§ **AIM OF THE EXERCISE**: Write only how many lines of the listing below include the string "laws".

§ **DATA FOR THIS TASK**:
——
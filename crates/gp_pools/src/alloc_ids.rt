//! The further Alloc-IDs of a port: each is free, leased or settled. A lease is no `Drop`: it goes back to the pool, or
//! is settled there.
ghost use Rattle.std.specs.Prelude.{◌≡◌, ℕ, ◌+◌, ◌-◌, ◌≤◌, ◌↔◌, IsTrue, IsNone, IfNone, IfSome};
ghost use Rattle.gp_pools.specs.Allocs.{AreLeased, AreSettled, numbers_of};
ghost use Rattle.gp_pools.specs.Limits.{first_alloc_id, last_alloc_id};
ghost use Rattle.gp_pools.specs.Pool.{AreAllOut, IsFree, IsLeased, IsSettled, IsSound, fresh_pool, pool_with_all_leased_again, pool_with_all_settled, pool_with_lease, pool_with_lease_again, pool_with_settled, pool_without_all, pool_without_lease};

use super::alloc_leases::AllocLeases;
use super::allocs::Allocs;
use super::number_pool::NumberPool;
use gp_linear::NeverDropped;
use std::marker::Model;

/// The first Alloc-ID that is no unit's default one, which is its ONU-ID (G.984.3, clause 8).
pub const FIRST_ALLOC_ID: u16 = 256;

/// The last Alloc-ID, of twelve bits (G.984.3, clause 9).
pub const LAST_ALLOC_ID: u16 = 4095;

/// A leased Alloc-ID. It is no `Drop`: it goes back to its pool, or is settled there.
pub struct AllocLease {
    pub(super) number: u16,
}

impl NeverDropped for AllocLease {}

impl Model for AllocLease {
    ghost Value = { ℕ };

    ghost view = { λ lease. lease.number };

    ghost invariant = { λ lease. (first_alloc_id ≤ lease.number) × (lease.number ≤ last_alloc_id) };
}

impl AllocLease {
    /// Tells the Alloc-ID, 256 to 4095.
    pub fn number(&self) -> u16
        ensures number { result ≡ self.now }
        ensures from { first_alloc_id ≤ result }
        ensures to { result ≤ last_alloc_id }
    {
        self.number
    }
}

/// The further Alloc-IDs of a port, 256 to its last one. Contracts see which are leased and which are
/// settled; both are out.
#[derive(Drop)]
pub struct AllocIds {
    pub(super) pool: NumberPool<FIRST_ALLOC_ID, 60>,
}

impl Model for AllocIds {
    ghost use Rattle.std.specs.Prelude.{◌≡◌, ◌+◌, ◌-◌, ◌≤◌};
    ghost use Rattle.gp_pools.specs.Limits.{first_alloc_id, last_alloc_id};
    ghost use Rattle.gp_pools.specs.Pool.{Pool, pool_code};

    ghost Value = { Pool };

    ghost coded = { pool_code };

    ghost view = { λ ids. ids.pool };

    ghost invariant = { λ ids. (ids.pool.first ≡ first_alloc_id) × (ids.pool.last ≤ last_alloc_id)
        × (ids.pool.limit ≡ ids.pool.last + 1 - first_alloc_id) };
}

impl AllocIds {
    /// Makes the pool of the Alloc-IDs from 256 to `alloc_last`, none where that is less.
    pub fn new(alloc_last: u16) -> AllocIds
        requires { alloc_last ≤ last_alloc_id }
        ensures { result ≡ fresh_pool first_alloc_id alloc_last (alloc_last + 1 - first_alloc_id) }
    {
        let count = (alloc_last + 1).saturating_sub(FIRST_ALLOC_ID);
        AllocIds {
            pool: NumberPool::new(alloc_last, count),
        }
    }

    /// Leases an Alloc-ID that is not out; which one is not promised. None exactly where all are out.
    pub fn take(&mut self) -> Option<AllocLease>
        ensures none { IsNone result ↔ AreAllOut self.old }
        ensures unchanged { IfNone result (self.new ≡ self.old) }
        ensures free { IfSome result (IsFree self.old) }
        ensures lease { IfSome result (λ number. self.new ≡ pool_with_lease self.old number) }
        ensures leased { IfSome result (IsLeased self.new) }
    {
        let number = self.pool.take()?;
        Some(AllocLease { number })
    }

    /// Tells whether `take` would lease an Alloc-ID. It takes none.
    pub fn any_free(&self) -> bool
        ensures { IsTrue result ↔ ((number : ℕ) × IsFree self.now number) }
    {
        self.pool.has_room()
    }

    /// Takes back a lease of this pool: its number is not out any more. A lease doesn't name its pool; that it
    /// is not of another port's pool is for the caller to see to.
    pub fn give_back(&mut self, lease: AllocLease)
        requires { IsLeased self.old lease }
        ensures { self.new ≡ pool_without_lease self.old lease }
    {
        let AllocLease { number } = lease;
        self.pool.give_back(number);
    }

    /// Tells whether the Alloc-ID is one of the pool's, and not out.
    pub fn is_free(&self, number: u16) -> bool
        ensures free { IsTrue result ↔ IsFree self.now number }
        ensures sound { IsSound self.now }
    {
        self.pool.is_free(number)
    }

    /// Settles an Alloc-ID that is leased from this pool: it stays out, and the plain number stands for it until it
    /// is leased again.
    pub fn settle(&mut self, lease: AllocLease) -> u16
        requires { IsLeased self.old lease }
        ensures number { result ≡ lease }
        ensures pool { self.new ≡ pool_with_settled self.old lease }
        ensures settled { IsSettled self.new result }
    {
        let AllocLease { number } = lease;
        self.pool.settle(number);
        number
    }

    /// Leases a settled Alloc-ID again; it is settled no more.
    pub fn lease_of(&mut self, number: u16) -> AllocLease
        requires { IsSettled self.old number }
        ensures number { result ≡ number }
        ensures pool { self.new ≡ pool_with_lease_again self.old number }
        ensures leased { IsLeased self.new number }
    {
        self.pool.lease_again(number);
        AllocLease { number }
    }

    /// Settles each of these leases: the plain numbers stand for them until they are leased again.
    pub fn settle_all(&mut self, leases: AllocLeases) -> Allocs
        requires { AreLeased self.old leases }
        ensures allocs { result ≡ leases }
        ensures pool { self.new ≡ pool_with_all_settled self.old (numbers_of leases) }
        ensures settled { AreSettled self.new leases }
    {
        let AllocLeases { allocs } = leases;
        self.pool.settle_each(&allocs.slots());
        allocs
    }

    /// Leases these settled Alloc-IDs again; they are settled no more.
    pub fn leases_of(&mut self, allocs: Allocs) -> AllocLeases
        requires { AreSettled self.old allocs }
        ensures leases { result ≡ allocs }
        ensures pool { self.new ≡ pool_with_all_leased_again self.old (numbers_of allocs) }
        ensures leased { AreLeased self.new allocs }
    {
        self.pool.lease_each(&allocs.slots());
        AllocLeases { allocs }
    }

    /// Takes back each of these leases.
    pub fn give_back_all(&mut self, leases: AllocLeases)
        requires { AreLeased self.old leases }
        ensures { self.new ≡ pool_without_all self.old (numbers_of leases) }
    {
        let AllocLeases { allocs } = leases;
        self.pool.give_back_each(&allocs.slots());
    }
}
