//! What is in the hands of the actors, and how hands and desks end: each licence goes back to the book.
ghost use Rattle.std.specs.Prelude.{ℕ, ◌≡◌, ◌+◌, ◌<◌, length, replicate, sum_by, slice_index, slice_set, IfOk};
ghost use Rattle.gp_machine.specs.State.{rows_of};
ghost use Rattle.gp_chassis.specs.Desk.{DeskState};
ghost use Rattle.gp_chassis.specs.World.{actors};

use crate::desk::PortDesk;
use gp_licence::{LicenceBook, Licences};
use std::alloc::{AllocError, Global};
use std::mem;
use std::sync::ledger::Ledger;

/// How many actors a chassis has.
pub const ACTORS: u8 = 64;

/// Makes empty hands for all actors.
pub(crate) fn empty_hands<L: Ledger>(alloc: Global) -> Result<Vec<Licences<L>>, AllocError>
    ensures { IfOk result (λ hands. hands.items ≡ replicate actors 0) }
{
    let mut hands = Vec::with_capacity(alloc, usize::from(ACTORS))?;
    for _ in 0..ACTORS {
        hands.push_reserved(Licences::none());
    }
    Ok(hands)
}

/// Takes all out of an actor's hands.
pub(crate) fn pull<L: Ledger>(hands: &mut Vec<Licences<L>>, actor: usize) -> Licences<L>
    requires { actor < length hands.old.items }
    ensures pulled { result ≡ slice_index hands.old.items actor }
    ensures hands { hands.new.items ≡ slice_set hands.old.items actor 0 }
{
    mem::replace(&mut hands[actor], Licences::none())
}

/// Puts licences into an actor's empty hands.
pub(crate) fn put<L: Ledger>(hands: &mut Vec<Licences<L>>, actor: usize, licences: Licences<L>)
    requires actor { actor < length hands.old.items }
    requires empty { slice_index hands.old.items actor ≡ 0 }
    ensures { hands.new.items ≡ slice_set hands.old.items actor licences }
{
    let empty = mem::replace(&mut hands[actor], licences);
    empty.drop_empty();
}

/// Gives the book what is in all hands.
pub(crate) fn give_hands<L: Ledger>(hands: Vec<Licences<L>>, book: LicenceBook<L>) -> LicenceBook<L>
    ensures free { result.free ≡ book.free + sum_by (λ (count : ℕ). count) hands.items }
    ensures total { result.total ≡ book.total }
{
    let mut hands = hands;
    let mut book = book;
    while let Some(hand) = hands.pop() {
        book.give(hand);
    }
    hands.destroy_empty();
    book
}

/// Ends the desks, and gives the book the licences of their units.
pub(crate) fn close_desks<L: Ledger>(
    desks: Vec<PortDesk<L>>,
    book: LicenceBook<L>,
) -> LicenceBook<L>
    ensures free { result.free ≡ book.free + sum_by (λ (desk : DeskState). rows_of desk.state) desks.items }
    ensures total { result.total ≡ book.total }
{
    let mut desks = desks;
    let mut book = book;
    while let Some(desk) = desks.pop() {
        let (_journal, held) = desk.close();
        book.give(held);
    }
    desks.destroy_empty();
    book
}
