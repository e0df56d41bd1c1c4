//! What the types of an entry hold: numbers of 64 bits at most, and codes that are told.
ghost use Rattle.std.specs.Prelude.{false, true};
ghost use Rattle.std.specs.Option.{ForSome};
ghost use Rattle.gp_ploam.specs.Down.{IsProperDown};
ghost use Rattle.gp_entry_objects.specs.Held.{CommandHolds, EventHolds, GrantHolds, IsCodeTold, IsSmall, PhaseHolds, ReplyHolds, SentHolds};

use gp_machine::{Command, Event, Phase, Reply};
use gp_ploam::{Down, Mask, decode_down, decode_up, encode_down};
use gp_ranging::Grant;

/// A code of a unit is told.
fn up_code_is_told(mask: Mask, octets: &[u8; 13])
    ensures { IsCodeTold true mask octets.now }
{
    match decode_up(octets, mask) {
        Ok(_message) => {}
        Err(_) => {}
    }
}

/// A code of the line terminal is told.
fn down_code_is_told(mask: Mask, octets: &[u8; 13])
    ensures { IsCodeTold false mask octets.now }
{
    match decode_down(octets, mask) {
        Ok(_message) => {}
        Err(_) => {}
    }
}

/// A number has 64 bits at most.
pub(crate) fn is_small(number: u64)
    ensures { IsSmall number }
{
    let _number = number;
}

/// The number of a command has.
fn command_holds(command: &Command)
    ensures { CommandHolds command.now }
{
    if let Command::Dealloc { alloc, .. } = command {
        is_small(u64::from(*alloc));
    }
}

/// The code of an event is told, and its numbers have 64 bits at most.
pub(crate) fn event_holds(told: Mask, event: &Event)
    ensures { EventHolds told event.now }
{
    match event {
        Event::Frame => {}
        Event::Burst { at, bytes } => {
            is_small(u64::from(*at));
            up_code_is_told(told, bytes);
        }
        Event::Command(command) => command_holds(command),
    }
}

/// The code of a message that was sent is told.
pub(crate) fn sent_holds(mask: Mask, told: Mask, sent: &Option<Down>)
    requires { ForSome sent.now IsProperDown }
    ensures { SentHolds mask told sent.now }
{
    if let Some(message) = sent {
        down_code_is_told(told, &encode_down(message, mask));
    }
}

/// The number of a grant has 64 bits at most.
pub(crate) fn grant_holds(grant: &Option<Grant>)
    ensures { GrantHolds grant.now }
{
    match grant {
        Some(Grant::Range(onu)) => is_small(u64::from(*onu)),
        Some(Grant::Poll(onu)) => is_small(u64::from(*onu)),
        Some(Grant::Search) => {}
        None => {}
    }
}

/// The number of a phase has.
fn phase_holds(phase: &Phase)
    ensures { PhaseHolds phase.now }
{
    match phase {
        Phase::Ranging { attempts, .. } => is_small(u64::from(*attempts)),
        Phase::Operating { eqd, .. } => is_small(u64::from(*eqd)),
    }
}

/// The numbers of a reply have.
pub(crate) fn reply_holds(reply: &Reply)
    ensures { ReplyHolds reply.now }
{
    match reply {
        Reply::Found(onu) => is_small(u64::from(*onu)),
        Reply::Again(onu) => is_small(u64::from(*onu)),
        Reply::Repeat(onu) => is_small(u64::from(*onu)),
        Reply::Restarted(onu) => is_small(u64::from(*onu)),
        Reply::Ranged { onu, eqd } => {
            is_small(u64::from(*onu));
            is_small(u64::from(*eqd));
        }
        Reply::TooFar(onu) => is_small(u64::from(*onu)),
        Reply::StillRanging(onu) => is_small(u64::from(*onu)),
        Reply::Alive(onu) => is_small(u64::from(*onu)),
        Reply::Acked(alloc) => is_small(u64::from(*alloc)),
        Reply::Gasp(onu) => is_small(u64::from(*onu)),
        Reply::Allocated(alloc) => is_small(u64::from(*alloc)),
        Reply::Releasing(alloc) => is_small(u64::from(*alloc)),
        Reply::Deactivated(onu) => is_small(u64::from(*onu)),
        Reply::PoppedUp(onu) => is_small(u64::from(*onu)),
        Reply::PoppedUpAll(count) => is_small(u64::from(*count)),
        Reply::Shown(row) => {
            is_small(u64::from(row.onu));
            phase_holds(&row.phase);
        }
        Reply::Ticked
        | Reply::Refused(_)
        | Reply::Searching
        | Reply::DisabledSeen
        | Reply::Disabled
        | Reply::Enabled
        | Reply::EnabledAll => {}
    }
}
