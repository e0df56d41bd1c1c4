//! Up to sixteen ports with one stock of licences, on one thread, and the laws of whatever its actors do.
//!
//! Promise: each call is its move of the chassis, or a refusal that changes nothing; licences are exact
//! (`ChassisCore::apply`, `take`, `step`, `give`, `cut`, `close`).
//!
//! - `chassis_core.rt`: `ChassisCore`, the ports, the book of the licences and the hands of 64 actors: take, step and
//!   give, `apply` for all three, and `cut`. `apply_in_place` leaves the entry in the journal, where `last_entry` lends
//!   it.
//! - `desk.rt`: `PortDesk`, a port with its journal: `serve` is the one change that a port makes, here and under a
//!   port's lock.
//! - `config.rt`: `ChassisConfig` and its limits; `admitted_once.rt`, private, whether a serial number is admitted
//!   twice.
//! - `hands.rt`, private: what is in the hands of the actors, and how hands and desks end. `fault.rt`: why a call is
//!   refused.
//! - `world.rt`: the laws of every run, whoever moves and in whatever order.
//!
//! `specs/World.antt` is what actors do, without journals; `specs/Desk.antt` what a desk is and what serving and
//! cutting leave of it; `specs/Core.antt` the chassis, which is a `World` whose ports are desks; `specs/Limits.antt`
//! the limits.
//!
//! Where to make which change: what a port does is `gp_machine`; what an entry keeps, and what a journal tells,
//! `gp_journal`; another order of faults, the calls of `ChassisCore`; another move of an actor, `Move` and
//! `ChassisStep`.
#![tactic(auto)]

mod admitted_once;
mod chassis_core;
mod config;
mod desk;
mod fault;
mod hands;
mod world;

pub use chassis_core::ChassisCore;
pub use config::ChassisConfig;
pub use desk::PortDesk;
pub use fault::{ApplyFault, CoreFault};
pub use gp_machine::{MAX_JOURNAL_LIMIT, MAX_PORTS};
pub use hands::ACTORS;
pub use world::{balance_lasts, every_run_holds, ports_replay, soundness_lasts};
——
§ **RESPONSE AREA**: 2